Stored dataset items
[Start of section]

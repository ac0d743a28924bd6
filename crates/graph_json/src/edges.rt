//! The edges of a graph.

ghost use Rattle.std.specs.Prelude.{◌≡◌, ◌&&◌, OnOk, codes, map, nat_lt};
ghost use Rattle.mixed_graph.specs.Vocabulary.{graph_of, has, members_below};
ghost use Rattle.dag_reader.specs.Vocabulary.{pairs_below};
ghost use Rattle.answer_json.specs.Vocabulary.{with_value, with_values, with_member, with_members, pair_json};
ghost use Rattle.graph_json.specs.Edges.{directed_json, bidirected_json, edge_members, graph_json};

use answer_json::Object;
use mixed_graph::{Graph, Names, VSet};
use std::alloc::AllocError;

/// The pairs of a and each of these vertices, in their order.
fn push_each(object: &mut Object, names: &Names, a: u8, ends: &[u8]) -> Result<(), AllocError>
    ensures { OnOk result (object.new ≡ with_values (map (λ b. pair_json names.now (a, b)) ends.now) object.old) }
{
    for b in ends {
        object.pair(names, a, *b)?;
    }
    Ok(())
}

/// The pairs of a and each member of a set, in index order.
fn push_row(object: &mut Object, names: &Names, a: u8, row: VSet) -> Result<(), AllocError>
    ensures { OnOk result (object.new ≡ with_values (map (λ b. pair_json names.now (a, b)) (members_below (has row.bits) 64)) object.old) }
{
    let ends = row.members(object.alloc())?;
    push_each(object, names, a, ends.as_slice())
}

/// The directed edges.
fn push_directed(object: &mut Object, names: &Names, graph: &Graph) -> Result<(), AllocError>
    ensures { OnOk result (object.new ≡ with_values (map (pair_json names.now) (pairs_below graph.now.n (graph_of graph.now).arrow)) object.old) }
{
    let all = VSet::below(graph.n);
    for a in 0..graph.n {
        let row = VSet::row(&graph.children, a as u8);
        push_row(object, names, a as u8, row.intersection(all))?;
    }
    Ok(())
}

/// The bidirected edges, each from its lower end.
fn push_bidirected(object: &mut Object, names: &Names, graph: &Graph) -> Result<(), AllocError>
    ensures { OnOk result (object.new ≡ with_values (map (pair_json names.now) (pairs_below graph.now.n (λ a b. (graph_of graph.now).both a b && nat_lt a b))) object.old) }
{
    let all = VSet::below(graph.n);
    for a in 0..graph.n {
        let row = VSet::row(&graph.spouses, a as u8);
        let later = row.difference(VSet::below(a + 1));
        push_row(object, names, a as u8, later.intersection(all))?;
    }
    Ok(())
}

/// The member `directed`.
#[tactic(auto, using(answer_json::proofs::Arrays::array_written))]
fn push_directed_at(object: &mut Object, names: &Names, graph: &Graph) -> Result<(), AllocError>
    ensures { OnOk result (object.new ≡ with_member (codes "directed") (directed_json names.now (graph_of graph.now)) object.old) }
{
    object.key("directed")?;
    object.begin_array()?;
    push_directed(object, names, graph)?;
    object.end_array()?;
    Ok(())
}

/// The member `bidirected`.
#[tactic(auto, using(answer_json::proofs::Arrays::array_written))]
fn push_bidirected_at(object: &mut Object, names: &Names, graph: &Graph) -> Result<(), AllocError>
    ensures { OnOk result (object.new ≡ with_member (codes "bidirected") (bidirected_json names.now (graph_of graph.now)) object.old) }
{
    object.key("bidirected")?;
    object.begin_array()?;
    push_bidirected(object, names, graph)?;
    object.end_array()?;
    Ok(())
}

/// The members of the edges, of each kind by the names of their ends.
pub fn push_edges(object: &mut Object, names: &Names, graph: &Graph) -> Result<(), AllocError>
    ensures { OnOk result (object.new ≡ with_members (edge_members names.now (graph_of graph.now)) object.old) }
{
    push_directed_at(object, names, graph)?;
    push_bidirected_at(object, names, graph)
}

/// A graph as the object of its edges.
pub fn push_graph(object: &mut Object, names: &Names, graph: &Graph) -> Result<(), AllocError>
    ensures { OnOk result (object.new ≡ with_value (graph_json names.now (graph_of graph.now)) object.old) }
{
    object.begin_object()?;
    push_edges(object, names, graph)?;
    object.end_object()?;
    Ok(())
}
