//! Graphs with edges cut out, as the rules of the do-calculus need them.
//!
//! `cut_into(&graph, set)` is the graph without the arrowheads into a set.
mod cuts;
mod rows;

pub use cuts::{EdgeSet, cut_edges, cut_into, cut_out};
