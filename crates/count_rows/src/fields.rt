//! The fields of a record.

ghost use Rattle.std.specs.Prelude.{◌≡◌, ◌<◌, ◌≤◌, ◌++◌, ◌∷◌, [], List, ℕ, IfOk, OnOk, length, slice_index};
ghost use Rattle.count_rows.specs.Fields.{cut_from, start_of, AreEnds};
ghost use Rattle.count_rows.specs.Records.{field_in};
ghost use Rattle.count_rows.specs.Reader.{GoesOn};

use crate::lines::{Unsplit, behind, split};
use std::alloc::{AllocError, Global};
use std::marker::Model;

/// The fields of a record: their bytes with one byte behind each field, and the place where each field ends.
///
/// Contracts see the list of the fields.
#[derive(Drop)]
pub struct Fields {
    bytes: Vec<u8>,
    ends: Vec<usize>,
}

impl Model for Fields {
    ghost use Rattle.std.specs.Prelude.{List, ℕ, length};
    ghost use Rattle.count_rows.specs.Fields.{cut_from, AreEnds};

    ghost Value = { List (List ℕ) };

    ghost view = { λ s. cut_from 0 s.ends.items s.bytes.items };

    ghost invariant = { λ s. AreEnds 0 s.ends.items (length s.bytes.items) };
}

/// Where a field begins.
#[inline(always)]
fn start(ends: &[usize], place: usize) -> usize
    requires there { place < length ends.now }
    requires before { start_of 0 ends.now place ≤ slice_index ends.now place }
    ensures { result ≡ start_of 0 ends.now place }
{
    if place == 0 { 0 } else { ends[place - 1] + 1 }
}

/// The field in a column that is there.
#[inline(always)]
fn between<'a>(bytes: &'a [u8], ends: &[usize], place: usize) -> &'a [u8]
    requires there { place < length ends.now }
    requires ordered { AreEnds 0 ends.now (length bytes.now) }
    ensures { result.now ≡ field_in place (cut_from 0 ends.now bytes.now) }
{
    let from = start(ends, place);
    let to = ends[place];
    &bytes[from..to]
}

/// Takes all fields away.
fn take_away(bytes: &mut Vec<u8>, ends: &mut Vec<usize>)
    ensures ordered { AreEnds 0 ends.new.items (length bytes.new.items) }
    ensures fields { cut_from 0 ends.new.items bytes.new.items ≡ [] }
{
    bytes.clear();
    ends.clear();
}

/// Puts a field behind the others.
fn push_field(bytes: &mut Vec<u8>, ends: &mut Vec<usize>, field: &[u8]) -> Result<(), AllocError>
    requires { AreEnds 0 ends.old.items (length bytes.old.items) }
    ensures ordered { OnOk result (AreEnds 0 ends.new.items (length bytes.new.items)) }
    ensures fields { OnOk result (cut_from 0 ends.new.items bytes.new.items ≡ cut_from 0 ends.old.items bytes.old.items ++ field.now ∷ []) }
{
    bytes.extend_from_slice(field)?;
    let end = bytes.len();
    bytes.push(b',')?;
    ends.push(end)?;
    Ok(())
}

/// Takes the fields of the record that a text goes on with, where it has no quotation mark, and says where other records follow.
fn take_fields(text: &[u8], bytes: &mut Vec<u8>, ends: &mut Vec<usize>) -> Result<usize, Unsplit>
    ensures ordered { OnOk result (AreEnds 0 ends.new.items (length bytes.new.items)) }
    ensures within { IfOk result (λ next. next ≤ length text.now) }
    ensures fields { IfOk result (λ next. GoesOn text.now (cut_from 0 ends.new.items bytes.new.items) next) }
{
    bytes.clear();
    let end = match split(text, ends) {
        Ok(end) => end,
        Err(fault) => return Err(fault),
    };
    if bytes.extend_from_slice(&text[..end]).is_err() {
        return Err(Unsplit::NoMemory);
    }
    if bytes.push(b'\n').is_err() {
        return Err(Unsplit::NoMemory);
    }
    Ok(behind(text, end))
}

impl Fields {
    /// No field.
    pub fn none(alloc: Global) -> Fields
        ensures { result ≡ [] }
    {
        Fields {
            bytes: Vec::new(alloc),
            ends: Vec::new(alloc),
        }
    }

    /// The number of fields.
    pub fn count(&self) -> usize
        ensures { result ≡ length self.now }
    {
        self.ends.len()
    }

    /// The field in a column; empty where the record is too short.
    #[inline(always)]
    pub fn get(&self, place: usize) -> &[u8]
        ensures { result.now ≡ field_in place self.now }
    {
        if place >= self.ends.len() {
            return &[];
        }
        between(self.bytes.as_slice(), self.ends.as_slice(), place)
    }

    /// Takes all fields away.
    pub fn clear(&mut self)
        ensures { self.new ≡ [] }
    {
        take_away(&mut self.bytes, &mut self.ends);
    }

    /// Adds a field. Without memory none is left.
    pub fn push(&mut self, field: &[u8]) -> Result<(), AllocError>
        ensures { OnOk result (self.new ≡ self.old ++ field.now ∷ []) }
    {
        if push_field(&mut self.bytes, &mut self.ends, field).is_err() {
            take_away(&mut self.bytes, &mut self.ends);
            return Err(AllocError);
        }
        Ok(())
    }

    /// Takes the record that a text goes on with, where it has no quotation mark, and says where other records follow.
    pub fn take_line(&mut self, text: &[u8]) -> Result<usize, Unsplit>
        ensures within { IfOk result (λ next. next ≤ length text.now) }
        ensures fields { IfOk result (GoesOn text.now self.new) }
    {
        match take_fields(text, &mut self.bytes, &mut self.ends) {
            Ok(next) => Ok(next),
            Err(fault) => {
                take_away(&mut self.bytes, &mut self.ends);
                Err(fault)
            }
        }
    }
}
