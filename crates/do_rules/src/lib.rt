//! Separation as independence, and the three rules of the do-calculus.
//!
//! `rule2(&graph, x, y, z, w)` says whether z may be observed in place of being done.
#![tactic(auto)]

pub mod cuts;
mod rules;
mod theory;

pub use rules::{Rule, are_four_sets, are_three_sets, independence, rule1, rule2, rule3};
pub use theory::laws;
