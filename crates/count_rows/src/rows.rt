//! The rows of a text.

ghost use Rattle.std.specs.Prelude.{ℕ, ◌≡◌, ◌<◌, ◌++◌, ◌∷◌, [], List, None, All, IfOk, IfErr, MatchResult, length, map, option_map};
ghost use Rattle.std.specs.Option.{option_to_list};
ghost use Rattle.mixed_graph.specs.Vocabulary.{name_of, index_of, has, Within};
ghost use Rattle.count_rows.specs.Records.{Record, records_of, header_of, rows_of, layout_of};
ghost use Rattle.count_rows.specs.Faults.{name_fault, header_fault, rows_fault, empty_fault, or_else, records_fault, used_names, IsExpectedFault};
ghost use Rattle.count_rows.specs.Reader.{HasRead};
ghost use Rattle.count_rows.specs.Tally.{layout_from, HoldsRecords};

use crate::fault::CountFault;
use crate::fields::Fields;
use crate::header::{column, columns, no_column};
use crate::reader::{NextRecord, open, read};
use crate::tally::{Columns, Tally};
use mixed_graph::{Names, VSet};
use std::alloc::Global;

/// Where the records have the used vertices and the counts.
fn layout(
    alloc: Global,
    header: &Fields,
    names: &Names,
    vertices: &[u8],
    count_column: Option<&[u8]>,
) -> Result<Columns, CountFault>
    requires { All (λ v. v < length names.now) vertices.now }
    ensures layout { IfOk result (λ c. layout_from c
        ≡ layout_of header.now (map (name_of names.now) vertices.now) (option_map (λ s. s.now) count_column.entry)) }
    ensures fit { IfOk result (λ c. header_fault header.now (map (name_of names.now) vertices.now ++ option_to_list (option_map (λ s. s.now) count_column.entry)) ≡ None) }
    ensures fault { IfErr result (IsExpectedFault (header_fault header.now (map (name_of names.now) vertices.now ++ option_to_list (option_map (λ s. s.now) count_column.entry)))) }
{
    let places = match columns(alloc, header, names, vertices) {
        Ok(places) => places,
        Err(fault) => return Err(fault),
    };
    let Some(name) = count_column else {
        return Ok(Columns {
            places,
            count_place: None,
        });
    };
    match column(alloc, header, name) {
        Ok(place) => Ok(Columns {
            places,
            count_place: Some(place),
        }),
        Err(fault) => Err(fault),
    }
}

/// The rows, unless the sum of their counts is 0.
fn finished(tally: Tally) -> Result<Tally, CountFault>
    ensures ok { IfOk result (λ t. (t ≡ tally) × (0 < tally.sum)) }
    ensures empty { IfErr result (λ f. (f ≡ CountFault.NoRows) × (tally.sum ≡ 0)) }
{
    if tally.sum == 0 {
        return Err(CountFault::NoRows);
    }
    Ok(tally)
}

/// Reads the rows behind a header of so many fields, from a place on.
fn read_rows_under(
    alloc: Global,
    text: &[u8],
    start: usize,
    width: usize,
    columns: &Columns,
) -> Result<Tally, CountFault>
    ensures { (header : Record) → HasRead text.now (header ∷ []) start → width ≡ length header →
        MatchResult result
        (λ t. HoldsRecords (layout_from columns.now) (rows_of (records_of text.now)) t
        × (or_else (rows_fault (length header) (layout_from columns.now) [] (rows_of (records_of text.now))) (empty_fault (layout_from columns.now) (rows_of (records_of text.now))) ≡ None))
        (IsExpectedFault (or_else (rows_fault (length header) (layout_from columns.now) [] (rows_of (records_of text.now))) (empty_fault (layout_from columns.now) (rows_of (records_of text.now))))) }
{
    let Ok(mut tally) = Tally::empty(alloc, columns.places.len()) else {
        return Err(CountFault::NoMemory);
    };
    let mut row = Fields::none(alloc);
    let mut at = start;
    for number in 1..usize::MAX {
        let next = match read(alloc, text, at, &mut row) {
            NextRecord::Record(next) => next,
            NextRecord::End => return finished(tally),
            NextRecord::NoMemory => return Err(CountFault::NoMemory),
        };
        if row.count() != width {
            return Err(CountFault::NotCsv(number));
        }
        match tally.add(alloc, &row, number, columns) {
            Ok(()) => {}
            Err(fault) => return Err(fault),
        }
        at = next;
    }
    // So many records don't fit in memory.
    Err(CountFault::NoMemory)
}

/// Reads the rows of the vertices.
fn read_rows_of(
    alloc: Global,
    text: &[u8],
    names: &Names,
    vertices: &[u8],
    count_column: Option<&[u8]>,
) -> Result<Tally, CountFault>
    requires some { 0 < length vertices.now }
    requires named { All (λ v. v < length names.now) vertices.now }
    ensures rows { IfOk result (λ t. HoldsRecords (layout_of (header_of (records_of text.now)) (map (name_of names.now) vertices.now) (option_map (λ s. s.now) count_column.entry))
        (rows_of (records_of text.now)) t) }
    ensures fit { IfOk result (λ t. records_fault (records_of text.now) (map (name_of names.now) vertices.now) (option_map (λ s. s.now) count_column.entry) ≡ None) }
    ensures fault { IfErr result (IsExpectedFault (records_fault (records_of text.now) (map (name_of names.now) vertices.now) (option_map (λ s. s.now) count_column.entry))) }
{
    let mut header = Fields::none(alloc);
    let start = match read(alloc, text, open(text), &mut header) {
        NextRecord::Record(next) => next,
        NextRecord::End => return Err(no_column(alloc, names.get(vertices[0]))),
        NextRecord::NoMemory => return Err(CountFault::NoMemory),
    };
    let columns = match layout(alloc, &header, names, vertices, count_column) {
        Ok(columns) => columns,
        Err(fault) => return Err(fault),
    };
    read_rows_under(alloc, text, start, header.count(), &columns)
}

/// Reads the rows of a text of CSV: the levels of the vertices, and each record as a row.
///
/// The first record is the header, whose fields name the columns; a text without a record has a header without fields.
/// Without a column of counts each record counts 1. Other columns are ignored. A byte order mark at the start is dropped.
/// The fault is the first one: of the header, name by name, then of the rows in order, then of their sum.
pub fn read_rows(
    alloc: Global,
    text: &[u8],
    names: &Names,
    used: VSet,
    count_column: Option<&[u8]>,
) -> Result<Tally, CountFault>
    requires some { 0 < used.bits }
    requires named { Within (length names.now) (has used.bits) }
    ensures rows { IfOk result (λ t. HoldsRecords (layout_of (header_of (records_of text.now)) (used_names names.now used.bits) (option_map (λ s. s.now) count_column.entry))
        (rows_of (records_of text.now)) t) }
    ensures fit { IfOk result (λ t. records_fault (records_of text.now) (used_names names.now used.bits) (option_map (λ s. s.now) count_column.entry) ≡ None) }
    ensures fault { IfErr result (IsExpectedFault (records_fault (records_of text.now) (used_names names.now used.bits) (option_map (λ s. s.now) count_column.entry))) }
{
    let Ok(vertices) = used.members(alloc) else {
        return Err(CountFault::NoMemory);
    };
    read_rows_of(alloc, text, names, vertices.as_slice(), count_column)
}
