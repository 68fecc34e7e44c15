// Theorems alone: demand 2, over any decoder and any writer. Assumes nothing.
#![tactic(auto)]
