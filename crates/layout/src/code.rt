// A level in eight bits: its sign and its size.
ghost use Rattle.std.specs.Prelude.{◌≡◌};
ghost use Rattle.layout.specs.Numbers.{code_sign, code_size};

// 0 for a positive level, 1 for a negative one.
pub fn sign(code: u8) -> u32
    ensures { result ≡ code_sign code }
{
    if code < 128 { 0 } else { 1 }
}

pub fn magnitude(code: u8) -> usize
    ensures { result ≡ code_size code }
{
    if code < 128 {
        code as usize
    } else {
        256 - code as usize
    }
}
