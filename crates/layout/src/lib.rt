// A picture as a value, laid out in three slices and read back, over groups of any length: what a description is in both standards.
#![tactic(auto)]

pub mod code;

[End of section]

**Exercise requirements**:
Where a line of the records has the string "quotation", return that line.

**Completed exercise**:
/// Takes the fields of the record that a text goes on with, where it has no quotation mark, and says where other records follow.
    /// Takes the record that a text goes on with, where it has no quotation mark, and says where other records follow.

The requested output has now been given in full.